Hopes rest with state

The Latrobe Valley’s hopes of major improvements to its public hospital now rest solely with the State Government, after the ceasing of Commonwealth support for expansion and development.

Latrobe Regional Hospital wants to push ahead with a $75 million expansion, including more than doubling its emergency department to 29 spaces and introducing a 12-bed short-stay unit.

The hospital twice applied to the former Federal Labor Government’s Health and Hospital Fund, with no success.

With the change of government, there is no longer a federal pool of funding for the hospital to apply to.

A spokesperson for Federal Health Minister Peter Dutton said the government was meeting the financial commitments of already-approved projects under the Health and Hospital fund, but “state governments remain the hospital system owners and manager and are responsible for hospital expansion and development”.

The spokesperson said the government continued to “support” hospital services through health reform funding.

LRH board chair Kellie O’Callaghan said the Health and Hospital Fund had demonstrated a “clear commitment” on the part of the Federal Government to the development of health-related infrastructure.

“Ongoing government commitment to infrastructure funding is essential to a health service’s ability to keep pace with the ever-increasing demand for services,” Ms O’Callaghan said.

Inpatient activity at the hospital is projected to increase by 43 per cent between 2008 and 2021, according to LRH figures.

The expansion would include a dedicated cardiac catheterisation laboratory, which would decrease the need for patients to go to Melbourne for procedures requiring a heart catheter.

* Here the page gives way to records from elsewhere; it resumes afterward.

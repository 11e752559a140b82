//! Answers to tickets: to the 64 that a node may have unanswered, and to two more.
//! Rules: The replicated log 13 to 15

use ring_base::Fault;
use ring_object::Object;
use ring_payload::Call;
use ring_session::{PendingTicket, Sessions, Ticket, Tickets, answers_of};
use ring_things::Counters;
use std::alloc::Allocator;

/// Client 7's call with this number.
fn call<A: Allocator + Copy>(alloc: A, number: u64) -> Result<Call<A>, Fault> {
    Call::new(alloc, 7, number, Counters::add(0, 1).as_slice())
}

fn calls<A: Allocator + Copy>(alloc: A, numbers: &[u64]) -> Result<Vec<Call<A>, A>, Fault> {
    let mut calls = Vec::new(alloc);
    for number in numbers {
        calls.push(call(alloc, *number)?)?;
    }
    Ok(calls)
}

/// Gives tickets to the calls 1 to 64; then adds two pending tickets past the limit, 65 and 66, to the calls of these numbers.
fn push_66<A: Allocator + Copy + Drop>(
    alloc: A,
    tickets: &mut Tickets<A>,
    pending: &mut Vec<PendingTicket<A>, A>,
) -> Result<(), Fault> {
    for number in 1..65 {
        tickets.check()?;
        let call = call(alloc, number)?;
        tickets.give_ticket(call);
    }
    pending.extend_from_slice(tickets.pending())?;
    for number in 65..67 {
        let call = call(alloc, number)?;
        let ticket = Ticket::new(number);
        pending.push(PendingTicket { ticket, call })?;
    }
    Ok(())
}

/// `push_66` for a new node.
fn pending<A: Allocator + Copy + Drop>(alloc: A) -> Result<Vec<PendingTicket<A>, A>, Fault> {
    let mut tickets = Tickets::new(alloc)?;
    let mut pending = Vec::new(alloc);
    push_66(alloc, &mut tickets, &mut pending)?;
    Ok(pending)
}

/// The number of tickets answered, the first of them, and the number of calls that took effect, as these calls are committed.
fn ticket_outcomes<O: Object>(
    alloc: O::Alloc,
    sessions: &mut Sessions<O>,
    pending: &[PendingTicket<O::Alloc>],
    calls: &[Call<O::Alloc>],
) -> Result<(usize, Option<u64>, u64), Fault> {
    let (answers, effects) = answers_of(alloc, sessions, pending, calls)?;
    let first = match answers.first() {
        Some(ticket_outcomes) => Some(ticket_outcomes.ticket.number()),
        None => None,
    };
    Ok((answers.len(), first, effects))
}

/// `ticket_outcomes` for these tickets and new sessions, as four calls are committed.
fn outcomes_of_four<O: Object>(
    alloc: O::Alloc,
    pending: &[PendingTicket<O::Alloc>],
) -> Result<(usize, Option<u64>, u64), Fault> {
    let calls = calls(alloc, &[66, 1, 66, 64])?;
    let mut sessions = Sessions::<O>::new(alloc)?;
    ticket_outcomes(alloc, &mut sessions, pending, calls.as_slice())
}

/// Checks that these commits answer three of 66 tickets, else `Conflict`.
pub fn answer_three<O: Object>(alloc: O::Alloc) -> Result<(), Fault> {
    let pending = pending(alloc)?;
    match outcomes_of_four::<O>(alloc, pending.as_slice()) {
        Ok((3, Some(66), 1)) => Ok(()),
        Ok(_) => Err(Fault::Conflict),
        Err(fault) => Err(fault),
    }
}
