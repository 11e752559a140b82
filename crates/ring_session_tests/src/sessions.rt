//! Calls to a session table, each tried again if a request is refused.
//! Rules: Sessions 3 and 5

use ring_base::Fault;
use ring_object::{Object, Reply};
use ring_payload::Call;
use ring_session::{Answer, Sessions};
use ring_things::{Names, Outcome, outcome_reply};

/// The number of refusals, 0 or 1, of the call with this reply. A refused call is tried again, and its answer shows that
/// table and object were unchanged. `Conflict` for any other answer.
fn refused_of<O: Object>(
    sessions: &mut Sessions<O>,
    call: &Call<O::Alloc>,
    reply: Reply,
) -> Result<u64, Fault> {
    let (answer, refused) = match sessions.apply(call) {
        Err(Fault::Memory) => (sessions.apply(call), 1),
        answer => (answer, 0),
    };
    let was_done = answer == Ok(Answer::Done(reply));
    if was_done && sessions.apply(call) == Ok(Answer::Kept(reply)) {
        Ok(refused)
    } else {
        Err(Fault::Conflict)
    }
}

/// `refused_of` for the call of this step, which inserts a name. If the name were already there, the reply would differ.
fn refused_at<O: Object>(
    sessions: &mut Sessions<O>,
    ample: O::Alloc,
    step: u8,
) -> Result<u64, Fault> {
    let (client, number) = (u32::from(step % 16), u64::from(step / 16) + 1);
    let insert = Names::insert(&[step])?;
    let call = Call::new(ample, client, number, insert.as_slice())?;
    refused_of(sessions, &call, outcome_reply(Outcome::Done))
}

/// `before` plus the refusals of two calls of each of 16 clients, enough for a table of several nodes.
fn refused_then<O: Object>(
    sessions: &mut Sessions<O>,
    ample: O::Alloc,
    before: u64,
) -> Result<u64, Fault> {
    let mut all = before;
    for step in 0..32u8 {
        all = all.saturating_add(refused_at(sessions, ample, step)?);
    }
    Ok(all)
}

/// `refused_then` for a table whose making was refused once.
fn refused_again<O: Object>(heap: O::Alloc, ample: O::Alloc) -> Result<u64, Fault> {
    let mut sessions = Sessions::<O>::new(heap)?;
    refused_then(&mut sessions, ample, 1)
}

/// The refusals of making a table of names and of the calls to it; making it is tried again if it is refused.
pub fn refusals<O: Object>(heap: O::Alloc, ample: O::Alloc) -> Result<u64, Fault> {
    match Sessions::<O>::new(heap) {
        Ok(mut sessions) => refused_then(&mut sessions, ample, 0),
        Err(Fault::Memory) => refused_again::<O>(heap, ample),
        Err(fault) => Err(fault),
    }
}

LRH estimates the cost to transport patients from across Gippsland to Melbourne is about $29 million a year.

The redevelopment would also include two dedicated day endoscopy rooms, which would free up the operating theatre for emergency and elective surgery; a new admissions area; satellite imaging for the emergency department; and 30 new acute ward beds.

It is hoped 12 new short-stay beds would act as a transition point for emergency department patients waiting to be transferred to a ward.